→ **THE TASK**
Below this line is a set of entries; quote exactly the lines from the line that contains "from ≤ self.now.line.count" to the line that contains "#![tactic(auto)]", both lines included.
*** MATERIAL PROVIDED Section Begins ***
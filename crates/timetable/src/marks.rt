// Whether a job is held and whether it has begun, which rows are to leave, and the row at an index.
ghost use Rattle.std.specs.Prelude.{◌≡◌, ◌≤◌, ◌<◌};
ghost use Rattle.timetable.specs.Marks.{HeldIs, PlaceOf, AskBegun, BegunIs, RowsOfIs, RowsEndedIs, SoonestIs};
ghost use Rattle.timetable.specs.Timetables.{RowAtIs};

use crate::{NEVER, Timetable};
use rules::Row;
use rules::arrays::filled;
use timeline::TICKS;
use timeline::bookings::Booking;
use timeline::leaving::Leaving;

impl Timetable {
    // Whether some row carries the number.
    pub fn is_held(&self, job: u16) -> bool
        ensures { HeldIs self.now.jobs self.now.line.count job result }
    {
        self.jobs[..self.line.count()].contains(&job)
    }

    // The index of the first row that carries the number.
    pub(crate) fn place_of(&self, job: u16) -> Option<usize>
        ensures { PlaceOf self.now.jobs self.now.line.count job result }
    {
        self.jobs[..self.line.count()]
            .iter()
            .position(|held| *held == job)
    }

    // Whether a row of the job starts at or before the clock. None stands before the index given.
    pub(crate) fn has_begun(&self, job: u16, from: usize) -> bool
        requires { AskBegun self.now job from }
        ensures { BegunIs self.now job result }
    {
        (from..self.line.count()).any(|i| self.jobs[i] == job
            && self.line.span(i).0 % TICKS <= self.clock)
    }

    // The rows of a job. None stands before the index given.
    pub(crate) fn rows_of(&self, job: u16, from: usize) -> Leaving
        requires within { from ≤ self.now.line.count }
        requires before { AskBegun self.now job from }
        ensures rows { RowsOfIs self.now.jobs self.now.line.count job result.marks }
        ensures count { result.count ≡ self.now.line.count }
    {
        let count = self.line.count();
        Leaving {
            marks: filled(count, |i| self.jobs[i] == job),
            count,
            from,
        }
    }

    // The rows of jobs that have ended: each note has the last finish of its job.
    pub(crate) fn rows_ended(&self, tick: u64) -> Leaving
        ensures rows { RowsEndedIs self.now.notes self.now.line.count tick result.marks }
        ensures count { result.count ≡ self.now.line.count }
    {
        let count = self.line.count();
        Leaving::new(filled(count, |i| self.notes[i].last <= tick), count)
    }

    // The soonest tick at which a job has ended.
    pub(crate) fn soonest_end(&self) -> u64
        ensures { SoonestIs self.now.notes self.now.line.count result }
    {
        self.notes[..self.line.count()]
            .iter()
            .fold(NEVER, |soonest, note| soonest.min(note.last))
    }

    // The row at an index of the timeline.
    pub fn row(&self, at: usize) -> Row
        requires { at < self.now.line.count }
        ensures { RowAtIs self.now at result }
    {
        let (begin, end) = self.line.span(at);
        let note = self.notes[at];
        let booking = Booking {
            begin,
            end,
            holder: note.holder,
            cost: note.cost,
        };
        booking.row(self.jobs[at])
    }
}
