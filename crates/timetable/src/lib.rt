// A timetable: the spans of a register's rows on the timeline, for each the number of its job and what is noted of it, the clock and the total; and withdrawals
// and clock moves over it. A call that is refused leaves it as it was.
#![tactic(auto)]

mod calls;
mod marks;

ghost use Rattle.std.specs.Prelude.{◌≡◌};
ghost use Rattle.timetable.specs.Timetables.{timetable_fresh};

use rules::HORIZON;
use timeline::SPANS;
use timeline::line::Timeline;
use timeline::notes::Note;

// Past every tick that a call may name: the soonest end where no job is held. It is no `Option`, since it is the least of no ticks: a search starts at it.
pub const NEVER: u64 = HORIZON + 1;

// The spans, the number of each one's job, what is noted of each, the clock, the total of the rows' costs, and the soonest tick at which a job has ended.
// What is not used is blank. The numbers of jobs are a column of their own: within the notes, the test whether a job is held took six times as long.
// That they agree is asked by each call, and is no invariant of the type. While a submission places its spans, the line is longer than the notes.
#[derive(Clone, Copy)]
pub struct Timetable {
    pub line: Timeline<SPANS>,
    pub jobs: [u16; SPANS],
    pub notes: [Note; SPANS],
    pub clock: u64,
    pub total: u64,
    pub soonest: u64,
}

impl Timetable {
    // That of a fresh register.
    pub fn new() -> Self
        ensures { result ≡ timetable_fresh }
    {
        Timetable {
            line: Timeline::new(),
            jobs: [0; SPANS],
            notes: [Note::default(); SPANS],
            clock: 0,
            total: 0,
            soonest: NEVER,
        }
    }
}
*** MATERIAL PROVIDED Section Ends ***
→ **SOLUTION**
        requires within { from ≤ self.now.line.count }
        requires before { AskBegun self.now job from }
        ensures rows { RowsOfIs self.now.jobs self.now.line.count job result.marks }
        ensures count { result.count ≡ self.now.line.count }
    {
        let count = self.line.count();
        Leaving {
            marks: filled(count, |i| self.jobs[i] == job),
            count,
            from,
        }
    }

    // The rows of jobs that have ended: each note has the last finish of its job.
    pub(crate) fn rows_ended(&self, tick: u64) -> Leaving
        ensures rows { RowsEndedIs self.now.notes self.now.line.count tick result.marks }
        ensures count { result.count ≡ self.now.line.count }
    {
        let count = self.line.count();
        Leaving::new(filled(count, |i| self.notes[i].last <= tick), count)
    }

    // The soonest tick at which a job has ended.
    pub(crate) fn soonest_end(&self) -> u64
        ensures { SoonestIs self.now.notes self.now.line.count result }
    {
        self.notes[..self.line.count()]
            .iter()
            .fold(NEVER, |soonest, note| soonest.min(note.last))
    }

    // The row at an index of the timeline.
    pub fn row(&self, at: usize) -> Row
        requires { at < self.now.line.count }
        ensures { RowAtIs self.now at result }
    {
        let (begin, end) = self.line.span(at);
        let note = self.notes[at];
        let booking = Booking {
            begin,
            end,
            holder: note.holder,
            cost: note.cost,
        };
        booking.row(self.jobs[at])
    }
}
filename crates/timetable/src/lib.rt
// A timetable: the spans of a register's rows on the timeline, for each the number of its job and what is noted of it, the clock and the total; and withdrawals
// and clock moves over it. A call that is refused leaves it as it was.
#![tactic(auto)]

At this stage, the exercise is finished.